ACTIVITY >> Your answer should consist of all lines in the listing that hold the word "lambdas".

=== AVAILABLE DATA ===

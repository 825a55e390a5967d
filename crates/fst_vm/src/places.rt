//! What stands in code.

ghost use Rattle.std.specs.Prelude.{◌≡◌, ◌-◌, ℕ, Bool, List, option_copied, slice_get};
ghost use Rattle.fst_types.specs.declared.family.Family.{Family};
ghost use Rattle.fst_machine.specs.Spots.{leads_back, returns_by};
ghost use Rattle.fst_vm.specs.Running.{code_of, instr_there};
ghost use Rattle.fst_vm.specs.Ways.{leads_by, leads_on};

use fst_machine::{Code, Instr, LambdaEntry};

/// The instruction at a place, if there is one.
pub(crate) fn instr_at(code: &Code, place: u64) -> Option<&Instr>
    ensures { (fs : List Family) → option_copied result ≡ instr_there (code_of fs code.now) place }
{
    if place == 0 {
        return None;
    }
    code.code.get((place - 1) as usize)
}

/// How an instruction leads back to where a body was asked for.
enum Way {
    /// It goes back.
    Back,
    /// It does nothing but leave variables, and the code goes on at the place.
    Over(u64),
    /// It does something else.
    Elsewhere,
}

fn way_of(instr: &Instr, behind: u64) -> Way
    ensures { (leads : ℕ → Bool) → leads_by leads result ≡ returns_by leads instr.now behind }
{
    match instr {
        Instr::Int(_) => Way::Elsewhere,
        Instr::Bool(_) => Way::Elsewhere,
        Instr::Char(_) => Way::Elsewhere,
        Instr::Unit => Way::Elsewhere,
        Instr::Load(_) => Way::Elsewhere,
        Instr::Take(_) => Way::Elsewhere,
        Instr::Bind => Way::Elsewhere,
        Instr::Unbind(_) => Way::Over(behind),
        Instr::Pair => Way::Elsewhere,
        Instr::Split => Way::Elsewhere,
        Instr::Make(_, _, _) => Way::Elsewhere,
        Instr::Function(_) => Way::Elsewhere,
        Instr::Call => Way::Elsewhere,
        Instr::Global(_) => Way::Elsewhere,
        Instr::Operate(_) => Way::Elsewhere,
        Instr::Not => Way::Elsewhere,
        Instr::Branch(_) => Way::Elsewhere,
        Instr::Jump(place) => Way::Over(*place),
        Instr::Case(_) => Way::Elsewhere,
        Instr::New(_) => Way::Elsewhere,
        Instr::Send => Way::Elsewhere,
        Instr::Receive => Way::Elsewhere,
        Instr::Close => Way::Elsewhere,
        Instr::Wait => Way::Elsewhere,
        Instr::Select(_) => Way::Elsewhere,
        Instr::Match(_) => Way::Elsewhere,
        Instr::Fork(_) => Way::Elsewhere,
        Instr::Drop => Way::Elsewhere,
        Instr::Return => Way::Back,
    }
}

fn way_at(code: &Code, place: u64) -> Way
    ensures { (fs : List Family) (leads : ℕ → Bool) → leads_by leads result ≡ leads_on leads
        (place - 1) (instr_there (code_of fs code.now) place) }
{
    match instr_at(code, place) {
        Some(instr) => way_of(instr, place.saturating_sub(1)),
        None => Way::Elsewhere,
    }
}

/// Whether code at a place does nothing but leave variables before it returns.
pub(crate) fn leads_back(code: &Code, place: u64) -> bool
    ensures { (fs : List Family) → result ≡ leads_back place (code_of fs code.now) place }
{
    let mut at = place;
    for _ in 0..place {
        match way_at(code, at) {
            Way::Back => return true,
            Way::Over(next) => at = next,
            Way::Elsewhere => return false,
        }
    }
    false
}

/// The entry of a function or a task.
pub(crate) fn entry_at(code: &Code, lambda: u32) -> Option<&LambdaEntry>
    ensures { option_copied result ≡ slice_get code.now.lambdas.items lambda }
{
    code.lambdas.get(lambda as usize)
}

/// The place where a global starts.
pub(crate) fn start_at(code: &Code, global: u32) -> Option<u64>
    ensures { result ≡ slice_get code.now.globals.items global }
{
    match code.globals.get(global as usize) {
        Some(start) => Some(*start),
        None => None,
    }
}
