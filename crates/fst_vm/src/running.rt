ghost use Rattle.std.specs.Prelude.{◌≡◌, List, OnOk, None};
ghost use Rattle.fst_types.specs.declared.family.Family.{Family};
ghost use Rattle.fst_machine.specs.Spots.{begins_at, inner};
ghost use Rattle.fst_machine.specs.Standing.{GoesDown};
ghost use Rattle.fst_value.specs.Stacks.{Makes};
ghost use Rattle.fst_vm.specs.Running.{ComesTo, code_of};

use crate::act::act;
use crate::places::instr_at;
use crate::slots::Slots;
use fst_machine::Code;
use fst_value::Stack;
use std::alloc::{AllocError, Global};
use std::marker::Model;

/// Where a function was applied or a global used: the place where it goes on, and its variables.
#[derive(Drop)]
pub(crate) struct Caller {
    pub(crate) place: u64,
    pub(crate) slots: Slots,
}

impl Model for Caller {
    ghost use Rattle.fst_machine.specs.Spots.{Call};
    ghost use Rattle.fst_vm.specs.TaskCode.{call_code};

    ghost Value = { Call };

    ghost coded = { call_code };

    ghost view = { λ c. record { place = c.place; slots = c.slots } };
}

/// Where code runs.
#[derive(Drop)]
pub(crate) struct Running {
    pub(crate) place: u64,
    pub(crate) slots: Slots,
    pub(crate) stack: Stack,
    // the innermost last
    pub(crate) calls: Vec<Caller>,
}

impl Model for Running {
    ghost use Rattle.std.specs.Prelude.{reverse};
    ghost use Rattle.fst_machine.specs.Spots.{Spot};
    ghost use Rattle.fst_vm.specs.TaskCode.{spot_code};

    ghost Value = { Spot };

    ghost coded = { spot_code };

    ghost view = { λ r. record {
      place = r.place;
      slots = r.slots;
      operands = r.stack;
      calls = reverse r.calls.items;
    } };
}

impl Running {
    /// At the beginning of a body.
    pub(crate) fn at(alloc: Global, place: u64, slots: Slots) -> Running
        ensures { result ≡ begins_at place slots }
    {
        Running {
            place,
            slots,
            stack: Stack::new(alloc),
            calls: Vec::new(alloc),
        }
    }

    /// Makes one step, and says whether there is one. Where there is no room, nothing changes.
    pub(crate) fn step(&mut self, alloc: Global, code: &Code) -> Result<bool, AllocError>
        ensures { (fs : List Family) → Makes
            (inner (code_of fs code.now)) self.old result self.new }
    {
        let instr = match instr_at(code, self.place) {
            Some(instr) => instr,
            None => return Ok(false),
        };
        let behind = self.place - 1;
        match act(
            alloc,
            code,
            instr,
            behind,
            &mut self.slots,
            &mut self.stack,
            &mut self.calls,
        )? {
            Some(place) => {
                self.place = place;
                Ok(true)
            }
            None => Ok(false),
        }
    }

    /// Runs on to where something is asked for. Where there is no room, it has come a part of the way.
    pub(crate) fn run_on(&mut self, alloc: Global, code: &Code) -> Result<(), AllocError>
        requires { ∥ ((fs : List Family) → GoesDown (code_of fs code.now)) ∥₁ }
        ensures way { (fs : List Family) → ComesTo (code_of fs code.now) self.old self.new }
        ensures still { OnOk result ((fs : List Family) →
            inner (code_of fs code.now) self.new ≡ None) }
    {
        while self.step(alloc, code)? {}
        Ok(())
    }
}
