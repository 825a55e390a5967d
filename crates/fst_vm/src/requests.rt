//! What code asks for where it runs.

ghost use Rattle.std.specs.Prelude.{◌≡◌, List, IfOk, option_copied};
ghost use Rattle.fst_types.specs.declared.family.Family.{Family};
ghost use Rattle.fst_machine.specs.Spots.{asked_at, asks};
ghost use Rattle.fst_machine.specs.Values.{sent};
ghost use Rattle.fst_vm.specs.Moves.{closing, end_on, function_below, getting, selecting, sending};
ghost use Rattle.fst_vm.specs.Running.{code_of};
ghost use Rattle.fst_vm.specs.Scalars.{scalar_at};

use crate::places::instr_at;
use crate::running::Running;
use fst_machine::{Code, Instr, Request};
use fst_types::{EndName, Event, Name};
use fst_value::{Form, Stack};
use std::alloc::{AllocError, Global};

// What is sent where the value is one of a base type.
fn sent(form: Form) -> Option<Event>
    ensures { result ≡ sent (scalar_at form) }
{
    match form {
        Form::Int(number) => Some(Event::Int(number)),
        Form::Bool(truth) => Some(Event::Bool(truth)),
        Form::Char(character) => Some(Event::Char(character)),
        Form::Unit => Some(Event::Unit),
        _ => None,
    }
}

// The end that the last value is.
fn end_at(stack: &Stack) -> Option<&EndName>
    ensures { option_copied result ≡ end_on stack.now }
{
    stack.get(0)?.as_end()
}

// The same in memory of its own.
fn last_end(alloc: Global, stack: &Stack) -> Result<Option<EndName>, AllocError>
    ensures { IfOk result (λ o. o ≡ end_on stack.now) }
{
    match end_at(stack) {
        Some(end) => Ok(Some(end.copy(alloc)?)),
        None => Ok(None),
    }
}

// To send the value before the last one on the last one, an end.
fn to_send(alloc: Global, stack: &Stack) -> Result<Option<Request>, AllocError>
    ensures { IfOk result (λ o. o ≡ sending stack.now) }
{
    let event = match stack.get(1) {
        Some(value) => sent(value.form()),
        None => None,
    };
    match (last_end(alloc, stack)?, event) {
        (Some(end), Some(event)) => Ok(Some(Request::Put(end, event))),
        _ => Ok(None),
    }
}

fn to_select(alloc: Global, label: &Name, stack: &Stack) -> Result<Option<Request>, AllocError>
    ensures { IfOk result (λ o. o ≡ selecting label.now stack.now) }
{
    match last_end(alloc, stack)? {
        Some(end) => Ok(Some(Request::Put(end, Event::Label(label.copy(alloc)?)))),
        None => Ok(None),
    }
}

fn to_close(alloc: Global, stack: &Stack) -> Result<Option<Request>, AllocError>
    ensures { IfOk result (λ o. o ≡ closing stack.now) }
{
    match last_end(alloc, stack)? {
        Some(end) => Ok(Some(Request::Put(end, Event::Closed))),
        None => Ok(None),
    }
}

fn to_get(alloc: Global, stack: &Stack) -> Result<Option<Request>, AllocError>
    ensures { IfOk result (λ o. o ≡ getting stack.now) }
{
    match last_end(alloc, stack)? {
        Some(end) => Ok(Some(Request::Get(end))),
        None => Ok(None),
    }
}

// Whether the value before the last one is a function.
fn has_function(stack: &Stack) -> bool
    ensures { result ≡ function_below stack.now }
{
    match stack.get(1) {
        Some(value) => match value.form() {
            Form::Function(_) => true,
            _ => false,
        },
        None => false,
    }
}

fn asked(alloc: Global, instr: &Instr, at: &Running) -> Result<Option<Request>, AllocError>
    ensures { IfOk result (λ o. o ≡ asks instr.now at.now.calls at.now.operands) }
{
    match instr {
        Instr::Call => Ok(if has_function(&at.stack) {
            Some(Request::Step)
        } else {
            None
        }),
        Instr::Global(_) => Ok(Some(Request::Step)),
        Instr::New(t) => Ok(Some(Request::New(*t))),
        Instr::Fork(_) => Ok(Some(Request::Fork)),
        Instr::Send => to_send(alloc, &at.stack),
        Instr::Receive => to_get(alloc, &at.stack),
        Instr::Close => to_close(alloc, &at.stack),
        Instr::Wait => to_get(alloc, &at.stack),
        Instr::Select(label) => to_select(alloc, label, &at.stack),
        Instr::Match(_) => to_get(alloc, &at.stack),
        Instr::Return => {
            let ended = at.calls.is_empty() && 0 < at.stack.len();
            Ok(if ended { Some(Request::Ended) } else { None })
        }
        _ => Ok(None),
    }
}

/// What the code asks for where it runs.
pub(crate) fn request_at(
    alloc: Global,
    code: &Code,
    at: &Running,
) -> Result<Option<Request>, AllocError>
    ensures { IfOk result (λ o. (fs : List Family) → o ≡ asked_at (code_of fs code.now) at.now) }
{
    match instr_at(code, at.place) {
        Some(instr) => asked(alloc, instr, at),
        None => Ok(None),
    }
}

===

EXERCISE ANSWER >>
    ensures { option_copied result ≡ slice_get code.now.lambdas.items lambda }
    code.lambdas.get(lambda as usize)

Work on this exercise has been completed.